Chauvin’s paroxysmal discomfort with Black communion and celebration comes as no surprise. Nightclubs, as it so happens, bear a long legacy of being one of the very few spaces in society where Black and Brown people are able to freely express themselves, where they are able to, for a few short hours, reclaim the bodies that are systematically regulated, attenuated, and deliberately destroyed by the state. In Ta-Nehisi Coates’ Between the World and Me, a book-length letter to his 15-year-old son explaining the demoralizing realities of being Black in the United States, he describes the act of code-switching in corporeal terms, as if it were a constant, wearying dance. “So I feared not just the violence of this world but the rules designed to protect you from it, the rules that would have you contort your body to address the block, and contort again to be taken seriously by colleagues, and contort again so as not to give the police a reason,” he writes. Coates’ passage describes a painstaking lifelong performance wherein the environment controls the Black body rather than the Black body willfully controlling itself.

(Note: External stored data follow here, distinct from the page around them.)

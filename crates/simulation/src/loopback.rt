//! The UDP ports of both gateways on the loopback address.

use crate::Channel;
use captures::Interface;
use faults::Fault;
use nat_types::{GatewayId, Side};
use settings::Settings;
use settings_file::{BoxPorts, port_clash_of_both, ports_of_both};
use std::io::ErrorKind;
use std::net::{Ipv4Addr, Net, SocketAddr, SocketAddrV4, UdpSocket};
use std::rt::Clock;
use std::time::{Duration, Instant};

/// How long a socket waits for its own datagram, in milliseconds.
const RECEIVE_TIMEOUT_MS: u64 = 1_000;

/// The size of a receive buffer in bytes: a frame of a script has at most 2,000, and a datagram of the link 2,232.
const RECEIVE_BUFFER: usize = 4_096;

/// A UDP socket on the loopback address that sends to itself.
#[derive(Drop)]
struct EchoSocket {
    socket: UdpSocket,
    address: SocketAddr,
}

impl EchoSocket {
    /// Binds a port of the loopback address.
    ///
    /// # Errors
    ///
    /// `NoSocket`.
    fn open<R: Net>(rt: &R, port: u16) -> Result<EchoSocket, Fault> {
        let address = SocketAddr::V4(SocketAddrV4::new(Ipv4Addr::LOCALHOST, port));
        match UdpSocket::bind(rt, address) {
            Ok(socket) => Ok(EchoSocket { socket, address }),
            Err(error) => Err(Fault::NoSocket(address, error.kind())),
        }
    }

    /// Sends bytes, and returns whether they arrive within the timeout. Other datagrams are skipped.
    fn echoes<R: Clock>(&self, rt: &R, bytes: &[u8]) -> bool {
        if self.socket.send_to(bytes, self.address).is_err() {
            return false;
        }
        let Ok(start) = Instant::now(rt) else {
            return false;
        };
        // A loop without an end that is proved to end.
        for _ in 0..u64::MAX {
            match time_left(rt, start) {
                Some(left) if self.sets_timeout(left) => {}
                _ => return false,
            }
            match self.receive(bytes) {
                Received::Same => return true,
                Received::Other => {}
                Received::Failed => return false,
            }
        }
        false
    }

    /// Sets the timeout of the next receive, and returns whether that succeeded.
    fn sets_timeout(&self, left: Duration) -> bool {
        self.socket.set_read_timeout(Some(left)).is_ok()
    }

    /// Receives a datagram, and compares it with the bytes that were sent.
    fn receive(&self, sent: &[u8]) -> Received {
        let mut buffer = [0; RECEIVE_BUFFER];
        match self.socket.recv_from(&mut buffer) {
            Ok((count, _)) if &buffer[..count] == sent => Received::Same,
            Ok(_) => Received::Other,
            Err(error) => match error.kind() {
                ErrorKind::WouldBlock | ErrorKind::TimedOut => Received::Other,
                _ => Received::Failed,
            },
        }
    }
}

/// The result of one receive.
#[derive(Clone, Copy, Debug, PartialEq, Eq)]
enum Received {
    /// The bytes that were sent.
    Same,
    /// Other bytes, or none before the timeout.
    Other,
    Failed,
}

/// Returns what is left of the timeout, or None where nothing is.
fn time_left<R: Clock>(rt: &R, start: Instant) -> Option<Duration> {
    let spent = start.elapsed(rt).ok()?;
    let left = Duration::from_millis(RECEIVE_TIMEOUT_MS).checked_sub(spent)?;
    if left.is_zero() { None } else { Some(left) }
}

/// The sockets of a gateway.
#[derive(Drop)]
struct GatewaySockets {
    link: EchoSocket,
    inside: EchoSocket,
    outside: EchoSocket,
}

impl GatewaySockets {
    fn open<R: Net>(rt: &R, ports: BoxPorts) -> Result<GatewaySockets, Fault> {
        Ok(GatewaySockets {
            link: EchoSocket::open(rt, ports.link)?,
            inside: EchoSocket::open(rt, ports.inside)?,
            outside: EchoSocket::open(rt, ports.outside)?,
        })
    }

    fn side(&self, side: Side) -> &EchoSocket {
        match side {
            Side::Inside => &self.inside,
            Side::Outside => &self.outside,
        }
    }
}

/// The loopback sockets of both gateways. The bytes for an interface are sent by the interface's own socket to itself.
#[derive(Drop)]
pub struct Loopback<'a, R> {
    rt: &'a R,
    zero: GatewaySockets,
    one: GatewaySockets,
}

impl<'a, R: Net + AllocGlobal> Loopback<'a, R> {
    /// Binds the ports in the settings of both gateways, which are in the file at a path: the link, the inside and the
    /// outside of gateway 0, then those of gateway 1.
    ///
    /// # Errors
    ///
    /// `Missing` of the first key of a loopback port that is left out, `wire` too; `PortClash` with the first key whose
    /// port another key before it has; `NoSocket` of the first port that can't be bound.
    pub fn open(rt: &'a R, path: &str, settings: &Settings) -> Result<Loopback<'a, R>, Fault> {
        let (zero, one) = match ports_of_both(settings) {
            Ok(ports) => ports,
            Err(key) => return Err(Fault::missing_port(rt.alloc(), path, key)),
        };
        if let Some(clash) = port_clash_of_both(settings) {
            return Err(Fault::PortClash(clash));
        }
        Ok(Loopback {
            rt,
            zero: GatewaySockets::open(rt, zero)?,
            one: GatewaySockets::open(rt, one)?,
        })
    }
}

impl<R> Loopback<'_, R> {
    fn socket(&self, interface: Interface) -> &EchoSocket {
        match interface {
            Interface::Side(id, side) => self.gateway(id).side(side),
            Interface::Link(id) => &self.gateway(id).link,
        }
    }

    fn gateway(&self, id: GatewayId) -> &GatewaySockets {
        match id {
            GatewayId::Zero => &self.zero,
            GatewayId::One => &self.one,
        }
    }
}

impl<R: Clock> Loopback<'_, R> {
    /// Sends bytes through the socket of an interface, and returns whether they came back.
    fn send(&self, interface: Interface, bytes: &[u8]) -> bool {
        self.socket(interface).echoes(self.rt, bytes)
    }
}

impl<R: Clock> Channel for Loopback<'_, R> {
    fn pass(&mut self, interface: Interface, bytes: &[u8]) -> bool {
        self.send(interface, bytes)
    }
}
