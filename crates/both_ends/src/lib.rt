// Pod and aircraft at both ends of one exchange: what the aircraft builds the pod obeys, and what the pod means the aircraft reads.
#![tactic(auto)]
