// Reads a stream of candidates, of pairs whose rules and of orders whose returned lists are asked for, and prints a line for each.
#![tactic(auto)]

use calls::Calls;
use console::Line;
use table::EventNo;
use verdict::{Axiom, Verdict};

// A verdict, a returned list that an order determines, and the rules of a pair.
const VERDICT: u8 = b'V';

const RETURNED: u8 = b'D';

const RULES: u8 = b'R';

fn event(line: Line, e: EventNo) -> Line {
    line.item(b" ", e.0)
}

// The numbers of a set, whose bit r - 1 is rule r.
fn rules(line: Line, set: u16) -> Line {
    let mut said = line.text(b"rules");
    for bit in 0..u16::BITS {
        if (set >> bit) % 2 == 1 {
            said = said.spaced(u64::from(bit) + 1);
        }
    }
    said
}

fn preserved_order(line: Line, a: EventNo, b: EventNo, set: u16) -> Line {
    let pair = event(event(line.text(b"preserved order"), a), b);
    rules(pair.text(b" "), set)
}

fn axiom(line: Line, broken: Axiom) -> Line {
    match broken {
        Axiom::PreservedOrder(a, b, set) => preserved_order(line, a, b, set),
        Axiom::LoadValue(reader) => event(line.text(b"load value"), reader),
        Axiom::Atomicity(lr, writer) => event(event(line.text(b"atomicity"), lr), writer),
        Axiom::ValueRead(reader) => event(line.text(b"value read"), reader),
        Axiom::FinalValue(x) => line.item(b"final value ", x.0),
    }
}

fn verdict(rt: &HostRuntime, k: u64, block: &[u8]) {
    let mut returned = [0u8; calls::LIST];
    let returned = calls::list(rt, &mut returned);
    let mut order = [0u8; calls::LIST];
    let order = calls::list(rt, &mut order);
    let line = calls::begin(rt, k);
    let said = match bench::verdict(block, returned, order) {
        Ok(Verdict::Allowed) => line.text(b"allowed"),
        Ok(Verdict::Broken(broken)) => axiom(line, broken),
        Err(r) => words::refused(line, r),
    };
    let _ = said.end();
}

fn returns(rt: &HostRuntime, k: u64, block: &[u8]) {
    let mut order = [0u8; calls::LIST];
    let order = calls::list(rt, &mut order);
    let mut answer = [calls::PREFILL; calls::LIST];
    let answer = calls::answer(rt, &mut answer);
    let line = calls::begin(rt, k);
    let said = match bench::returns(block, order, answer) {
        Ok(()) => line.text(b"written"),
        Err(r) => words::refused(line, r),
    };
    calls::end(said, answer);
}

fn pair(rt: &HostRuntime, k: u64, block: &[u8]) {
    let mut returned = [0u8; calls::LIST];
    let returned = calls::list(rt, &mut returned);
    let a = calls::number(rt);
    let b = calls::number(rt);
    let line = calls::begin(rt, k);
    let said = match bench::rules(block, returned, a, b) {
        Ok(set) => rules(line, set),
        Err(r) => words::refused(line, r),
    };
    let _ = said.end();
}

#[derive(Drop)]
struct Candidates;

impl Calls for Candidates {
    fn call(&mut self, rt: &HostRuntime, tag: u8, k: u64, block: &[u8]) -> bool {
        match tag {
            VERDICT => verdict(rt, k, block),
            RETURNED => returns(rt, k, block),
            RULES => pair(rt, k, block),
            _ => return false,
        }
        true
    }
}

fn main(rt: HostRuntime) {
    let mut block = [0u8; calls::TEST];
    calls::answer_all(&rt, &mut block, &mut Candidates);
}
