// A state of the decision: the mask of the events that are placed, and that of the others that would return their stated value
// from memory.
#![tactic(auto)]

#[derive(Clone, Copy)]
pub struct State {
    pub placed: u32,
    pub good: u32,
}
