// Masks of 32 bits: bit 0 is the lowest.
#![tactic(auto)]

ghost use Rattle.std.specs.Prelude.{◌<◌, ◌^◌, ◌≡◌, cond, eqb};
ghost use Rattle.std.specs.Int.Bits.{bit_and, bit_xor};
ghost use Rattle.std.specs.Int.Count.{count_trailing_zeros};
ghost use Rattle.masks.specs.Bit.{bit};
ghost use Rattle.masks.specs.Ones.{TakesLowest};
ghost use Rattle.masks.specs.Parts.{from, under, highest};
ghost use Rattle.std.specs.Iterator.{at_most};

// The mask of bit `e` alone.
pub fn one(e: u32) -> u32
    requires { e < 32 }
    ensures { result ≡ 2 ^ e }
{
    1 << e
}

// The mask of bit `e` alone if it passes, else the empty mask.
pub fn one_if(passes: bool, e: u8) -> u32
    requires { e < 32 }
    ensures { result ≡ cond passes (2 ^ e) 0 }
{
    if passes { one(e as u32) } else { 0 }
}

// The mask if it passes, else the empty mask.
pub fn mask_if(passes: bool, m: u32) -> u32
    ensures { result ≡ cond passes m 0 }
{
    if passes { m } else { 0 }
}

// Bit `k` of `m` is set.
pub fn has(m: u32, k: u32) -> bool
    requires { k < 32 }
    ensures { result ≡ bit m k }
{
    (m >> k) % 2 == 1
}

// The lowest bit that is set in `m`; 32 where none is.
pub fn lowest_set(m: u32) -> u32
    ensures { result ≡ count_trailing_zeros 32 m }
{
    u32::trailing_zeros(m)
}

// The highest bit of a mask.
const TOP_BIT: u32 = 31;

// The highest bit that is set in `m`.
pub fn highest_set(m: u32) -> u32
    requires { 0 < m }
    ensures { result ≡ highest m }
{
    TOP_BIT - u32::leading_zeros(m)
}

// The bits of `m` from bit `e` on.
pub fn from(m: u32, e: u32) -> u32
    requires { e < 32 }
    ensures { result ≡ from e m }
{
    (m >> e) << e
}

// The bits of `m` below bit `e`.
pub fn under(m: u32, e: u32) -> u32
    requires { e < 32 }
    ensures { result ≡ under e m }
{
    m ^ from(m, e)
}

// What is in `a` and not in `b`.
pub fn less(a: u32, b: u32) -> u32
    ensures { result ≡ bit_xor a (bit_and a b) }
{
    a ^ (a & b)
}

// Every bit of `a` is in `b`.
pub fn within(a: u32, b: u32) -> bool
    ensures { result ≡ eqb (bit_and a b) a }
{
    (a & b) == a
}

// The bits that are set in a mask, the lowest first.
#[derive(Clone, Copy)]
pub struct Ones(pub u32);

impl Iterator for Ones {
    type Item = u32;

    ghost next_gives = { TakesLowest };

    ghost remaining = { λ s. at_most s.0 };

    fn next(&mut self) -> Option<u32> {
        if self.0 == 0 {
            return None;
        }
        let e = lowest_set(self.0);
        self.0 ^= one(e);
        Some(e)
    }
}
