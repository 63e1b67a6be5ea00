// Workers at a station of two gateways, and at one of three.

use crate::asks::{Ask, Heard};
use crate::done::{Done, DoneAlone, NOTHING};
use crate::plans::{Plan, runs, tells};
use crate::shifts::Shift;
use crate::steps::Step;
use crate::wanted::{MANY_BOOKED, ONE_BOOKED, OPENED_1, OPENED_2, OPENED_3, TWO_BOOKED};
use server_core::TakeFault;
use server_workers::ServeCause;
use std::test::Fail;

/// One worker takes them up one after another; the station heard nothing.
static UNHEARD: [Step; 1] = [Step::Work(Shift::Crew(
    (0, 999, 1),
    Ok(Done {
        ran: 1,
        refused: 1_000,
        ..NOTHING
    }),
))];

#[test]
fn a_thousand_numbers_wait_for_one_worker(rt: HostRuntime) -> Result<(), Fail> {
    tells(&rt, rt.alloc(), 1, &UNHEARD)
}

/// As many as one pass may close wait for two, who begin once all of them were sent.
static ALL_UNHEARD: [Step; 1] = [Step::Work(Shift::Crew(
    (1, 4_096, 2),
    Ok(Done {
        ran: 2,
        refused: 4_096,
        ..NOTHING
    }),
))];

#[test]
fn as_many_numbers_wait_as_a_pass_may_close(rt: HostRuntime) -> Result<(), Fail> {
    tells(&rt, rt.alloc(), 1, &ALL_UNHEARD)
}

/// Each gateway books half of the answers.
static FIVE_HUNDRED: [Step; 4] = [
    Step::HearAll(500),
    Step::Work(Shift::Crew(
        (1, 500, 16),
        Ok(Done {
            ran: 16,
            answered: 500,
            receipts: 500,
            are_in_order: true,
            ..NOTHING
        }),
    )),
    Step::Ask(Ask::Totals(1, 0, Ok(MANY_BOOKED))),
    Step::Ask(Ask::Totals(2, 0, Ok(MANY_BOOKED))),
];

#[test]
fn sixteen_workers_answer_five_hundred_devices(rt: HostRuntime) -> Result<(), Fail> {
    tells(&rt, rt.alloc(), 500, &FIVE_HUNDRED)
}

/// Each worker goes on once it has asked the gate often enough, and tells so; so does one who works alone.
static SHUT_OUT: [Step; 3] = [
    Step::HearAll(4),
    Step::Work(Shift::ShutOut(
        (1, 3, 2),
        Done {
            ran: 2,
            answered: 3,
            receipts: 3,
            overrun: 3,
            are_in_order: true,
            ..NOTHING
        },
    )),
    Step::Work(Shift::ShutOut(
        (4, 4, 1),
        Done {
            ran: 1,
            answered: 1,
            receipts: 1,
            overrun: 1,
            are_in_order: true,
            ..NOTHING
        },
    )),
];

#[test]
fn workers_whom_no_gate_lets_in_go_on(rt: HostRuntime) -> Result<(), Fail> {
    tells(&rt, rt.alloc(), 4, &SHUT_OUT)
}

/// The till is handed back with all its parts.
static TOO_FEW_AND_TOO_MANY: [Step; 2] = [
    Step::Work(Shift::Crew((1, 1, 0), Err((ServeCause::Workers, 65_536)))),
    Step::Work(Shift::Crew((1, 1, 17), Err((ServeCause::Workers, 65_536)))),
];

#[test]
fn one_to_sixteen_workers_serve(rt: HostRuntime) -> Result<(), Fail> {
    tells(&rt, rt.alloc(), 1, &TOO_FEW_AND_TOO_MANY)
}

/// With room for one number it is given two; the second is left. No gate lets it in, and it goes on. With room for two it
/// answers one of each of two channels, though it stopped at the end of the first. All three answers stay booked.
static ONE_OF_TWO: [Step; 5] = [
    Step::HearAll(4),
    Step::Work(Shift::One(
        1,
        (&[1, 2], &[]),
        DoneAlone {
            outcomes: 1,
            skipped: &[],
            refused: &[],
            overrun: 1,
            left: [Some(2), None],
        },
    )),
    Step::Work(Shift::One(
        2,
        (&[3], &[4]),
        DoneAlone {
            outcomes: 2,
            skipped: &[],
            refused: &[],
            overrun: 2,
            left: [None, None],
        },
    )),
    Step::Ask(Ask::Totals(1, 0, Ok(ONE_BOOKED))),
    Step::Ask(Ask::Totals(2, 0, Ok(TWO_BOOKED))),
];

#[test]
fn a_worker_stops_without_room_and_goes_on_at_another_channel(rt: HostRuntime) -> Result<(), Fail> {
    tells(&rt, rt.alloc(), 4, &ONE_OF_TWO)
}

/// It is given both uplinks of a device whose first ticket is out, and a number that is unknown. An uplink that wasn't closed is
/// open then as before.
static PASSED_OVER: [Step; 7] = [
    Step::Hear(Heard::Of(1, 0), OPENED_1),
    Step::Hear(Heard::Of(1, 1), OPENED_2),
    Step::Ask(Ask::Pass(200_001, Some(1))),
    Step::Ask(Ask::Pass(200_001, Some(2))),
    Step::Hear(Heard::Of(2, 0), OPENED_3),
    Step::WorkBeside(
        1,
        Shift::One(
            3,
            (&[1, 2, 9], &[]),
            DoneAlone {
                outcomes: 0,
                skipped: &[2],
                refused: &[(1, TakeFault::Taken), (9, TakeFault::NotReady)],
                overrun: 0,
                left: [None, None],
            },
        ),
    ),
    Step::Ask(Ask::Pass(200_001, Some(3))),
];

#[test]
fn a_worker_tells_whom_it_passed_over(rt: HostRuntime) -> Result<(), Fail> {
    tells(&rt, rt.alloc(), 2, &PASSED_OVER)
}

/// Two workers are given the second uplink of a device whose first ticket is out.
static ENGAGED: [Step; 5] = [
    Step::Hear(Heard::Of(1, 0), OPENED_1),
    Step::Hear(Heard::Of(1, 1), OPENED_2),
    Step::Ask(Ask::Pass(200_001, Some(1))),
    Step::Ask(Ask::Pass(200_001, Some(2))),
    Step::WorkBeside(
        1,
        Shift::Crew(
            (2, 2, 2),
            Ok(Done {
                ran: 2,
                skipped: &[2],
                ..NOTHING
            }),
        ),
    ),
];

#[test]
fn workers_skip_an_engaged_device(rt: HostRuntime) -> Result<(), Fail> {
    tells(&rt, rt.alloc(), 1, &ENGAGED)
}

/// Each lets the other go on: they are inside at once, and each leaves its gateway once.
static MET: [Step; 5] = [
    Step::Hear(Heard::Of(1, 0), OPENED_1),
    Step::Hear(Heard::By(2, 2, 0), OPENED_2),
    Step::Ask(Ask::Pass(200_001, Some(1))),
    Step::Ask(Ask::Pass(200_001, Some(2))),
    Step::Work(Shift::Meeting(
        (1, 2, 2),
        Done {
            ran: 2,
            answered: 2,
            receipts: 2,
            are_in_order: true,
            ..NOTHING
        },
        [1, 1, 1, 0],
    )),
];

#[test]
fn two_workers_are_at_two_gateways_at_once(rt: HostRuntime) -> Result<(), Fail> {
    tells(&rt, rt.alloc(), 2, &MET)
}

/// Two have the same gateway to ask, of whom the second is refused once.
static ONE_GATEWAY: [Step; 5] = [
    Step::Hear(Heard::Of(1, 0), OPENED_1),
    Step::Hear(Heard::Of(2, 0), OPENED_2),
    Step::Ask(Ask::Pass(200_001, Some(1))),
    Step::Ask(Ask::Pass(200_001, Some(2))),
    Step::Work(Shift::Slow(
        (1, 2, 2),
        Done {
            ran: 2,
            answered: 2,
            receipts: 2,
            are_in_order: true,
            ..NOTHING
        },
        false,
    )),
];

#[test]
fn a_worker_has_the_lock_while_it_asks_the_gate(rt: HostRuntime) -> Result<(), Fail> {
    tells(&rt, rt.alloc(), 2, &ONE_GATEWAY)
}

/// Each waits until all three are inside, which takes a thread for each.
static ALL_MET: [Step; 7] = [
    Step::Hear(Heard::Of(1, 0), OPENED_1),
    Step::Hear(Heard::By(2, 2, 0), OPENED_2),
    Step::Hear(Heard::By(3, 3, 0), OPENED_3),
    Step::Ask(Ask::Pass(200_001, Some(1))),
    Step::Ask(Ask::Pass(200_001, Some(2))),
    Step::Ask(Ask::Pass(200_001, Some(3))),
    Step::Work(Shift::Meeting(
        (1, 3, 3),
        Done {
            ran: 3,
            answered: 3,
            receipts: 3,
            are_in_order: true,
            ..NOTHING
        },
        [1, 1, 1, 1],
    )),
];

#[test]
fn three_workers_are_at_three_gateways_at_once(rt: HostRuntime) -> Result<(), Fail> {
    let plan = Plan {
        gateways: &[2, 3, 1],
        devices: 3,
        before: &[],
        steps: &ALL_MET,
        tries: &[],
        sights: &[],
        changes: &[],
    };
    runs(&rt, rt.alloc(), &plan)
}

Through this assessment, freeform dancing, the process of trusting an innate, rhythmic impulse that shirks a set of codified behaviors, then becomes a powerful gesture of resistance. It’s no coincidence that rave music and its surrounding culture of escapism originated in Black and Brown communities. These underground club scenes have traditionally provided a momentary refuge for sexual and ethnic minorities from persecution, but, even more powerfully, they have provided a space to cultivate the self-sustaining joy and pride that is so often stripped from them. Even the clandestine architectural legacy of secret warehouses, invitation-only lofts, and murky basements at the city’s fringes mirrors the marginalization of the identities that partied within. For these reasons, electronic music is another form of Black and Brown protest music.

Just before the birth of house music in New York and Chicago in the early to mid-1980s, The New York Times reported an alarming concentration of Black poverty across the United States’ 50 metropolitan areas. Census figures showed that, in New York alone, the number of poor African Americans increased from 311,841 in 1970 to 452,030 by 1980. Meanwhile, in Chicago, according to the Chicago Urban League, the wealth disparity between white and Black people was greater than in any major city. The emergence of house music also coincided with the rise of the HIV/AIDs virus—an epidemic that initially affected white gay men but, over time, disproportionately killed Black men by 1996 due to government inaction and fatal social stigma.

The buoyant, jacking propulsions of house provided an antidote to this grim reality; the uplifting lyrics within foundational 1984 house track “On and on” by Jesse Saunders, for example, begs the audience to “Just dance until the beat is gone/ Say you must go on and on.” If we consider the vocals within its historical context, it’s both a plea to stay on the dance floor, away from the racial and homophobic tensions outside, and a statement of urgent reprieve amidst chaos. Decades before people started referring to Berghain as “Sunday church,” house founding father Frankie Knuckles, who was both Black and gay, referred to the club as a “church for people who have fallen from grace”; Larry Levan, his best friend, also described the club as a healing space, coining the term “Saturday Mass” at New York’s Paradise Garage.